O relatório estabelece recomendações exaustivas em como a comunidade internacional pode assegurar que esta tragédia não se repete. Isto inclui diretrizes claras em como assegurar que empresas a operar a nível transnacional não fogem à total responsabilização por violações de Direitos Humanos e do meio ambiente.
 
O governo do Reino Unido deve dar início a uma investigação criminal ao papel da Trafigura nos aterros, visto que a filial do Reino Unido do grupo corporativo da Trafigura tomou várias decisões chave que levaram ao desastre.
 
O governo costa-marfinense tem de assegurar que as vítimas recebem compensação total. Mais que isso, deve reavaliar a legalidade do acordo que fez que deu à Trafigura total imunidade para atuar na Costa do Marfim.
 
Os resíduos despejados em Abidjan são definidos como perigosos pela Convenção de Basileia – que controla movimentos transfronteiriços de resíduos perigosos e a sua eliminação – fazendo da sua exportação sem consentimento uma ofensa criminal.
 
Achim Steiner, Sub-secretário das Nações Unidas e Diretor-adjunto do Programa das Nações Unidas para o Meio Ambiente (PNUMA), afirma: “o aterro tóxico em Abidjan realça muitos desafios, incluindo a urgência de reforçar tratados das Nações Unidas de modo a cobrir envio de resíduos tóxicos, especificamente transporte marítimo e resíduos perigosos, especificamente a Convenção Internacional para a Prevenção da Poluição por Navios (MARPOL) e a Convenção de Basileia, administrada pela UNEP. Isto deve incluir clarificação do respetivo âmbito de aplicação destes tratados”.
 
“Há claramente necessidade de outras ações. Levar a cabo uma avaliação total e no terreno da contaminação é uma delas.

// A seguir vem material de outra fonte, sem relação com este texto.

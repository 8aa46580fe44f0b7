//! Why a text has no tokens.
ghost use Rattle.std.specs.Prelude.{◌≡◌};
ghost use Rattle.brisk_lex.specs.declared.fault.LexFault.TheVariants.{NoMemory};
ghost use Rattle.brisk_lex.specs.Tokens as spec;

use std::alloc::{AllocError, AllocFailed};
use thiserror::Error;

/// Why a text has no tokens, each with the byte.
#[derive(Clone, Copy, Debug, PartialEq, Eq, Error)]
pub enum LexFault {
    #[error("not UTF-8 at byte {0}")]
    NotUtf8(u32),
    #[error("no token begins at byte {0}")]
    BadChar(u32),
    #[error("the number at byte {0} is too large")]
    NumberTooLarge(u32),
    #[error("the name at byte {0} is too long")]
    NameTooLong(u32),
    #[error("out of memory")]
    NoMemory,
}

impl From<AllocError> for LexFault {
    ghost from_gives = { λ _ e. e ≡ NoMemory };

    fn from(_: AllocError) -> LexFault {
        LexFault::NoMemory
    }
}

impl<T: Drop> From<AllocFailed<T>> for LexFault {
    ghost from_gives = { λ _ e. e ≡ NoMemory };

    fn from(_: AllocFailed<T>) -> LexFault {
        LexFault::NoMemory
    }
}

/// What is wrong where no token can be cut off.
#[derive(Clone, Copy)]
pub enum Wrong {
    BadChar,
    NumberTooLarge,
    NameTooLong,
}

impl Wrong {
    /// The fault at this byte.
    pub fn at(self, at: u32) -> LexFault
        ensures { result ≡ spec.fault_at self at }
    {
        match self {
            Wrong::BadChar => LexFault::BadChar(at),
            Wrong::NumberTooLarge => LexFault::NumberTooLarge(at),
            Wrong::NameTooLong => LexFault::NameTooLong(at),
        }
    }
}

Outra ação seria os Estados-membros das Nações Unidas mostrarem solidariedade com os povos vulneráveis, impondo a emenda de proibição à Convenção de Basileia, proibindo finalmente a exportação de resíduos tóxicos de países desenvolvidos para países vulneráveis em vias de desenvolvimento”, afirma Achim Steiner.
 
O relatório é divulgado enquanto os Estados parte da Convenção de Basileia reúnem em Genebra, fornecendo uma oportunidade de assegurar que os resíduos tóxicos resultantes de processos industriais a bordo dos navios nunca mais possam ser despejados em países em vias de desenvolvimento.